(What needs to be done) Return every line of the records that includes the string "modulus".
************
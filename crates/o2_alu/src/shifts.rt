// Shifts and rotations.

ghost use Rattle.std.specs.Prelude.{◌≡◌, ◌<◌, ◌≤◌, ◌*◌, ◌/◌, ◌^◌, ◌%◌};
ghost use Rattle.o2_isa.specs.Widths.{modulus, IsOfWidth};
ghost use Rattle.o2_alu.specs.AtOnce.{bits, rolled, unrolled, lowered, is_at_once, IsAtOnce};
ghost use Rattle.o2_isa.specs.Shifts.{once, repeated, differs, shift_overflow, shift_flags, shift_of};

use crate::flags::{is_set, szp, with_flag};
use crate::widths::{half_size, size};
use o2_isa::{Flag, ShiftOp, Width};

/// Whether the two differ.
#[inline]
pub fn differ(a: bool, b: bool) -> bool
    ensures { result ≡ differs a b }
{
    a != b
}

/// One bit of a shift or rotation.
#[tactic(auto, unfolding(o2_isa::specs::Sums::bit))]
fn one_bit(op: ShiftOp, w: Width, a: u16, carry: bool) -> (u16, bool)
    requires { IsOfWidth w a }
    ensures value { result ≡ once op w (a, carry) }
    ensures fits { IsOfWidth w result.0 }
{
    let m = size(w);
    let h = half_size(w) as u16;
    let top = h <= a;
    let low = a % 2 == 1;
    let doubled = (a as u32 * 2 % m) as u16;
    match op {
        ShiftOp::Rol => (doubled + (if top { 1 } else { 0 }), top),
        ShiftOp::Ror => (a / 2 + (if low { h } else { 0 }), low),
        ShiftOp::Rcl => (doubled + (if carry { 1 } else { 0 }), top),
        ShiftOp::Rcr => (a / 2 + (if carry { h } else { 0 }), low),
        ShiftOp::Shl => (doubled, top),
        ShiftOp::Shr => (a / 2, low),
        ShiftOp::Sar => (a / 2 + (if top { h } else { 0 }), low),
    }
}

/// How many bits a number of the width has.
#[inline]
fn bit_count(w: Width) -> u8
    ensures value { result ≡ bits w }
    ensures below { result ≤ 16 }
    ensures some { 0 < result }
{
    match w {
        Width::Byte => 8,
        Width::Word => 16,
    }
}

/// `x` times 2 to the `k`.
#[inline]
#[tactic(auto, using(crate::proofs::RotateLaws::raised_small))]
fn raised(x: u32, k: u8) -> u64
    requires small { x < 2 ^ 17 }
    requires count { k < 32 }
    ensures { result ≡ x * 2 ^ k }
{
    (x as u64) << k
}

#[inline]
fn wide_left(w: Width, a: u16, k: u8) -> u64
    requires { k < bits w }
    ensures { result ≡ rolled w k a }
{
    let down = bit_count(w) - k;
    raised(a as u32 % (1 << down), k) + (a as u64 >> down)
}

/// ROL of the value by `k` bits, fewer than it has.
#[inline]
#[tactic(auto, using(crate::proofs::RotateLaws::rolled_small))]
fn rolled_left(w: Width, a: u16, k: u8) -> u16
    requires width { IsOfWidth w a }
    requires count { k < bits w }
    ensures value { result ≡ rolled w k a }
    ensures fits { IsOfWidth w result }
{
    wide_left(w, a, k) as u16
}

#[inline]
fn wide_right(w: Width, a: u16, k: u8) -> u64
    requires { k < bits w }
    ensures { result ≡ unrolled w k a }
{
    let up = bit_count(w) - k;
    raised(a as u32 % (1 << k), up) + (a as u64 >> k)
}

/// ROR of the value by `k` bits, fewer than it has.
#[inline]
#[tactic(auto, using(crate::proofs::RotateLaws::unrolled_small))]
fn rolled_right(w: Width, a: u16, k: u8) -> u16
    requires width { IsOfWidth w a }
    requires count { k < bits w }
    ensures value { result ≡ unrolled w k a }
    ensures fits { IsOfWidth w result }
{
    wide_right(w, a, k) as u16
}

/// SHL of the value by `n` bits.
#[inline]
fn shifted_left(w: Width, a: u16, n: u8) -> u16
    requires count { n < 32 }
    ensures value { result ≡ a * 2 ^ n % modulus w }
    ensures fits { IsOfWidth w result }
{
    (raised(a as u32, n) % size(w) as u64) as u16
}

/// SHR of the value by `n` bits.
#[inline]
#[tactic(auto, using(crate::proofs::RotateLaws::divided_small))]
fn shifted_right(w: Width, a: u16, n: u8) -> u16
    requires width { IsOfWidth w a }
    requires count { n < 32 }
    ensures value { result ≡ a / 2 ^ n }
    ensures fits { IsOfWidth w result }
{
    (a as u32 >> n) as u16
}

/// SAR of the value by `n` bits.
#[inline]
#[tactic(auto, using(crate::proofs::RotateLaws::divided_small))]
fn lowered_by(w: Width, a: u16, n: u8) -> u16
    requires width { IsOfWidth w a }
    requires count { n < 32 }
    ensures value { result ≡ lowered w n a }
    ensures fits { IsOfWidth w result }
{
    if half_size(w) <= a as u32 {
        let most = size(w) - 1;
        (most - ((most - a as u32) >> n)) as u16
    } else {
        (a as u32 >> n) as u16
    }
}

/// The value after `n` bits of ROL, ROR, SHL, SHR or SAR.
#[inline]
#[tactic(auto, using(crate::proofs::RotateLaws::rol_value, crate::proofs::RotateLaws::ror_value, crate::proofs::RotateLaws::shl_value, crate::proofs::RotateLaws::shr_value, crate::proofs::RotateLaws::sar_value))]
fn value_after(op: ShiftOp, w: Width, a: u16, carry: bool, n: u8) -> u16
    requires width { IsOfWidth w a }
    requires count { n < 32 }
    requires group { IsAtOnce op }
    ensures value { result ≡ (repeated n op w (a, carry)).0 }
    ensures fits { IsOfWidth w result }
{
    match op {
        ShiftOp::Rol => rolled_left(w, a, n % bit_count(w)),
        ShiftOp::Ror => rolled_right(w, a, n % bit_count(w)),
        ShiftOp::Shl => shifted_left(w, a, n),
        ShiftOp::Shr => shifted_right(w, a, n),
        _ => lowered_by(w, a, n),
    }
}

/// Whether the result of the shift or rotation doesn't depend on CF.
#[inline]
fn goes_at_once(op: ShiftOp) -> bool
    ensures { result ≡ is_at_once op }
{
    matches!(
        op,
        ShiftOp::Rol | ShiftOp::Ror | ShiftOp::Shl | ShiftOp::Shr | ShiftOp::Sar
    )
}

/// The value and CF after `n` bits of ROL, ROR, SHL, SHR or SAR: all but the last at once, and the last.
#[inline]
#[tactic(auto, using(crate::proofs::ShiftLaws::once_more))]
fn bits_at_once(op: ShiftOp, w: Width, a: u16, carry: bool, n: u8) -> (u16, bool)
    requires width { IsOfWidth w a }
    requires some { 0 < n }
    requires count { n < 32 }
    requires group { IsAtOnce op }
    ensures value { result ≡ repeated n op w (a, carry) }
    ensures fits { IsOfWidth w result.0 }
{
    one_bit(op, w, value_after(op, w, a, carry, n - 1), carry)
}

/// The value and CF after `n` bits, one by one.
fn bits_one_by_one(op: ShiftOp, w: Width, a: u16, carry: bool, n: u8) -> (u16, bool)
    requires { IsOfWidth w a }
    ensures value { result ≡ repeated n op w (a, carry) }
    ensures fits { IsOfWidth w result.0 }
{
    let mut value = a;
    let mut out = carry;
    for k in 0..n {
        (value, out) = one_bit(op, w, value, out);
    }
    (value, out)
}

/// The value and CF after `n` bits.
#[inline]
fn many_bits(op: ShiftOp, w: Width, a: u16, carry: bool, n: u8) -> (u16, bool)
    requires width { IsOfWidth w a }
    requires some { 0 < n }
    requires count { n < 32 }
    ensures value { result ≡ repeated n op w (a, carry) }
    ensures fits { IsOfWidth w result.0 }
{
    if goes_at_once(op) {
        bits_at_once(op, w, a, carry, n)
    } else {
        bits_one_by_one(op, w, a, carry, n)
    }
}

/// OF at count 1.
fn overflow_of(op: ShiftOp, w: Width, a: u16, r: u16, c: bool) -> bool
    ensures { result ≡ shift_overflow op w a r c }
{
    let h = half_size(w) as u16;
    let top = h <= r;
    let next = h as u32 <= r as u32 * 2 % size(w);
    match op {
        ShiftOp::Shr => h <= a,
        ShiftOp::Sar => false,
        ShiftOp::Ror | ShiftOp::Rcr => differ(top, next),
        ShiftOp::Rol | ShiftOp::Rcl | ShiftOp::Shl => differ(top, c),
    }
}

#[tactic(auto, unfolding(o2_isa::specs::Shifts::shift_flags))]
fn flags_after(op: ShiftOp, w: Width, n: u8, a: u16, r: u16, c: bool, f: u16) -> u16
    ensures { result ≡ shift_flags op w n a r c f }
{
    let g = with_flag(f, Flag::Carry, c);
    let h = if n == 1 {
        with_flag(g, Flag::Overflow, overflow_of(op, w, a, r, c))
    } else {
        g
    };
    match op {
        ShiftOp::Rol | ShiftOp::Ror | ShiftOp::Rcl | ShiftOp::Rcr => h,
        ShiftOp::Shl | ShiftOp::Shr | ShiftOp::Sar => szp(w, r, h),
    }
}

/// ROL, ROR, RCL, RCR, SHL, SHR and SAR by `count` modulo 32: the result and the flags word.
#[tactic(auto, unfolding(o2_isa::specs::Shifts::shift_of))]
pub fn shift(op: ShiftOp, w: Width, a: u16, count: u8, f: u16) -> (u16, u16)
    requires { IsOfWidth w a }
    ensures value { result ≡ shift_of op w a count f }
    ensures fits { IsOfWidth w result.0 }
{
    let n = count % 32;
    if n == 0 {
        return (a, f);
    }
    let (r, c) = many_bits(op, w, a, is_set(f, Flag::Carry), n);
    (r, flags_after(op, w, n, a, r, c, f))
}
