//! Results and flags of the 80286's arithmetic, equal to the definitions of `o2_isa`.
#![tactic(auto)]

mod decimal;
mod flags;
mod laws;
mod products;
mod shifts;
mod sums;
mod widths;

pub use decimal::adjust;
pub use flags::{bit_number, is_set, with_flag};
pub use laws::{
    aad_undoes_aam, adc_chains, cmp_compares, control_flags_stay, daa_adds, das_subtracts,
    div_divides, flag_is_put, idiv_divides, imul_multiplies, inc_and_dec_keep_carry,
    neg_is_zero_minus, rotation_returns, sbb_chains, shift_repeats, shl_multiplies,
};
pub use products::{div, mul, mul_low};
pub use shifts::shift;
pub use sums::{add, binary, complement, decrement, increment, logic, negate, sub, unary};
pub use widths::signed_value;
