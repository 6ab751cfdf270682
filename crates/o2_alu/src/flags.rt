// The flags word.

ghost use Rattle.std.specs.Prelude.{◌≡◌};
ghost use Rattle.o2_isa.specs.Flags.{flag_number, put, is_set as is_set_of, is_even, with_szp, with_carries};

use crate::widths::half_size;
use o2_isa::{Flag, Width};

/// The place of a flag in the flags word, from 0 at the lowest bit.
#[inline(always)]
pub fn bit_number(flag: Flag) -> u8
    ensures { result ≡ flag_number flag }
{
    flag as u8
}

/// The flags word with one flag put, all other bits as they are.
// A hint alone, as for the sums: an order is dropped where it makes who calls very large, and that took the orders from `binary`
// and `unary`.
#[inline]
pub fn with_flag(f: u16, flag: Flag, on: bool) -> u16
    ensures { result ≡ put f flag on }
{
    match flag {
        Flag::Carry => f / 2 * 2 + (if on { 1 } else { 0 }),
        Flag::Parity => f / 8 * 8 + (if on { 4 } else { 0 }) + f % 4,
        Flag::Auxiliary => f / 0x20 * 0x20 + (if on { 0x10 } else { 0 }) + f % 0x10,
        Flag::Zero => f / 0x80 * 0x80 + (if on { 0x40 } else { 0 }) + f % 0x40,
        Flag::Sign => f / 0x100 * 0x100 + (if on { 0x80 } else { 0 }) + f % 0x80,
        Flag::Trap => f / 0x200 * 0x200 + (if on { 0x100 } else { 0 }) + f % 0x100,
        Flag::Interrupt => f / 0x400 * 0x400 + (if on { 0x200 } else { 0 }) + f % 0x200,
        Flag::Direction => f / 0x800 * 0x800 + (if on { 0x400 } else { 0 }) + f % 0x400,
        Flag::Overflow => f / 0x1000 * 0x1000 + (if on { 0x800 } else { 0 }) + f % 0x800,
        Flag::PrivilegeLow => f / 0x2000 * 0x2000 + (if on { 0x1000 } else { 0 }) + f % 0x1000,
        Flag::PrivilegeHigh => f / 0x4000 * 0x4000 + (if on { 0x2000 } else { 0 }) + f % 0x2000,
        Flag::Nested => f / 0x8000 * 0x8000 + (if on { 0x4000 } else { 0 }) + f % 0x4000,
    }
}

/// Whether a flag is set.
#[inline]
pub fn is_set(f: u16, flag: Flag) -> bool
    ensures { result ≡ is_set_of f flag }
{
    let shifted = match flag {
        Flag::Carry => f,
        Flag::Parity => f / 4,
        Flag::Auxiliary => f / 0x10,
        Flag::Zero => f / 0x40,
        Flag::Sign => f / 0x80,
        Flag::Trap => f / 0x100,
        Flag::Interrupt => f / 0x200,
        Flag::Direction => f / 0x400,
        Flag::Overflow => f / 0x800,
        Flag::PrivilegeLow => f / 0x1000,
        Flag::PrivilegeHigh => f / 0x2000,
        Flag::Nested => f / 0x4000,
    };
    shifted % 2 == 1
}

#[inline(always)]
#[tactic(auto, unfolding(o2_isa::specs::Flags::is_even))]
fn is_even_parity(r: u16) -> bool
    ensures { result ≡ is_even r }
{
    (r % 256).count_ones() % 2 == 0
}

/// SF, ZF and PF as the result `r` says.
#[inline(always)]
#[tactic(auto, unfolding(o2_isa::specs::Flags::with_szp))]
pub fn szp(w: Width, r: u16, f: u16) -> u16
    ensures { result ≡ with_szp w r f }
{
    let f = with_flag(f, Flag::Sign, half_size(w) <= r as u32);
    let f = with_flag(f, Flag::Zero, r == 0);
    with_flag(f, Flag::Parity, is_even_parity(r))
}

/// CF, AF and OF put.
#[inline(always)]
#[tactic(auto, unfolding(o2_isa::specs::Flags::with_carries))]
pub fn carries(f: u16, carry: bool, auxiliary: bool, overflow: bool) -> u16
    ensures { result ≡ with_carries f carry auxiliary overflow }
{
    let f = with_flag(f, Flag::Carry, carry);
    let f = with_flag(f, Flag::Auxiliary, auxiliary);
    with_flag(f, Flag::Overflow, overflow)
}
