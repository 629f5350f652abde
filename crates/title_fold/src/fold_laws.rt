//! Laws of folds. Each function does nothing: its contract is the law, of every list of transactions.
#![tactic(auto, using(crate::proofs::FoldLemmas::fold_laws))]

ghost use Rattle.std.specs.Prelude.{◌≡◌, List, [], ◌∷◌, ◌++◌, length, Option, Some, Ok, Err};
ghost use Rattle.title_fold.specs.Fold.{fold, fold_on, IsBegunBy, StopsAt};
ghost use Rattle.title_fold.specs.Step.{step_title};

use crate::refusal::{FoldAt, FoldRefusal};
use crate::title::Title;
use ebl_base::Transaction;

/// The fold of a list is the fold of its front, and then of its rest.
pub fn fold_of_front_and_rest()
    ensures { (front rest : List Transaction)
        → fold (front ++ rest) ≡ fold_on (fold front) rest (length front) }
{}

/// The fold of one transaction more is its step on the title so far. So a title that is kept beside a list needs one
/// step for each transaction.
pub fn fold_of_one_more()
    ensures allowed { (list : List Transaction) (t : Transaction)
        → (before : Option Title) (after : Title)
        → fold list ≡ Ok before → step_title before t ≡ Ok after
        → fold (list ++ t ∷ []) ≡ Ok (Some after) }
    ensures refused { (list : List Transaction) (t : Transaction)
        → (before : Option Title) (rule : FoldRefusal)
        → fold list ≡ Ok before → step_title before t ≡ Err rule
        → fold (list ++ t ∷ []) ≡ Err (record { place = length list; rule = rule }) }
{}

/// No transaction, no title. Else the title begins with the first transaction: a SIGN, whose actor is the carrier of
/// every title after it.
pub fn fold_begins_with_its_first_transaction()
    ensures { (list : List Transaction) (title : Option Title)
        → fold list ≡ Ok title → IsBegunBy list title }
{}

/// A fold stops at the first transaction that is refused: all before it are allowed, and its rule is the one that
/// refuses there.
pub fn fold_stops_at_the_first_refusal()
    ensures stops { (list : List Transaction) (at : FoldAt) → fold list ≡ Err at → StopsAt list at }
    ensures there { (list : List Transaction) (at : FoldAt) → StopsAt list at → fold list ≡ Err at }
{}

/// A fold that was refused stays refused, whatever follows.
pub fn refused_fold_stays_refused()
    ensures { (front rest : List Transaction) (at : FoldAt)
        → fold front ≡ Err at → fold (front ++ rest) ≡ Err at }
{}
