//! Whether a transaction moves a bill.
ghost use Rattle.std.specs.Bool.{OnTrue, OnFalse};
ghost use Rattle.std.specs.Prelude.{◌≡◌, ◌≢◌, IsSomeAnd, IfSome};
ghost use Rattle.title_fold.specs.Movement.{moves};
ghost use Rattle.title_fold.specs.Title.{possessor};

use crate::title::{Title, possessor};

/// Whether the step from one title to the next moves the bill: the possessor's platform after it is another than before
/// it. The first step, a SIGN, doesn't move.
pub fn moves(before: Option<Title>, after: Title) -> bool
    ensures value { result ≡ moves before after }
    ensures moved { OnTrue result
        (IsSomeAnd before (λ title. (possessor title).platform ≢ (possessor after).platform)) }
    ensures stays { OnFalse result
        (IfSome before (λ title. (possessor title).platform ≡ (possessor after).platform)) }
{
    match before {
        None => false,
        Some(title) => possessor(title).platform != possessor(after).platform,
    }
}
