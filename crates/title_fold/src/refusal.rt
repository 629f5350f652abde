//! Why a transaction is refused, and where a fold stops.
ghost use Rattle.std.specs.Prelude.{◌≡◌};
ghost use Rattle.title_fold.specs.Refusal.{refusal_text};

/// Why a transaction is refused. The rules are asked in this order, and the first that applies refuses.
#[derive(Clone, Copy, Debug, PartialEq, Eq)]
pub enum FoldRefusal {
    /// A SIGN when there is a title already.
    F1,
    /// Another kind than SIGN when there is no title.
    F2,
    /// The title is ended.
    F3,
    /// The kind isn't for a title in this state.
    F4,
    /// A recipient is missing, or there is one and the kind has none.
    F5,
    /// The kind is the carrier's, and the actor isn't the carrier.
    F6,
    /// The kind is the possessor's, and the actor isn't the possessor.
    F7,
    /// The kind is the title holder's, and the actor isn't the title holder.
    F8,
    /// An ENDORSE or a TRANSFER to the actor itself.
    F9,
}

impl FoldRefusal {
    /// The name of the rule, `F1` to `F9`.
    pub fn as_str(self) -> &'static str
        ensures { result.now ≡ refusal_text self }
    {
        match self {
            FoldRefusal::F1 => "F1",
            FoldRefusal::F2 => "F2",
            FoldRefusal::F3 => "F3",
            FoldRefusal::F4 => "F4",
            FoldRefusal::F5 => "F5",
            FoldRefusal::F6 => "F6",
            FoldRefusal::F7 => "F7",
            FoldRefusal::F8 => "F8",
            FoldRefusal::F9 => "F9",
        }
    }
}

/// Where a fold stopped: the first transaction that is refused, and why.
#[derive(Clone, Copy, Debug, PartialEq, Eq)]
pub struct FoldAt {
    /// The place of the transaction in the list, counted from 0.
    pub place: usize,
    /// The rule that refuses it.
    pub rule: FoldRefusal,
}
************
(Written solution)
ghost use Rattle.o2_isa.specs.Widths.{modulus, IsOfWidth};
    ensures value { result ≡ a * 2 ^ n % modulus w }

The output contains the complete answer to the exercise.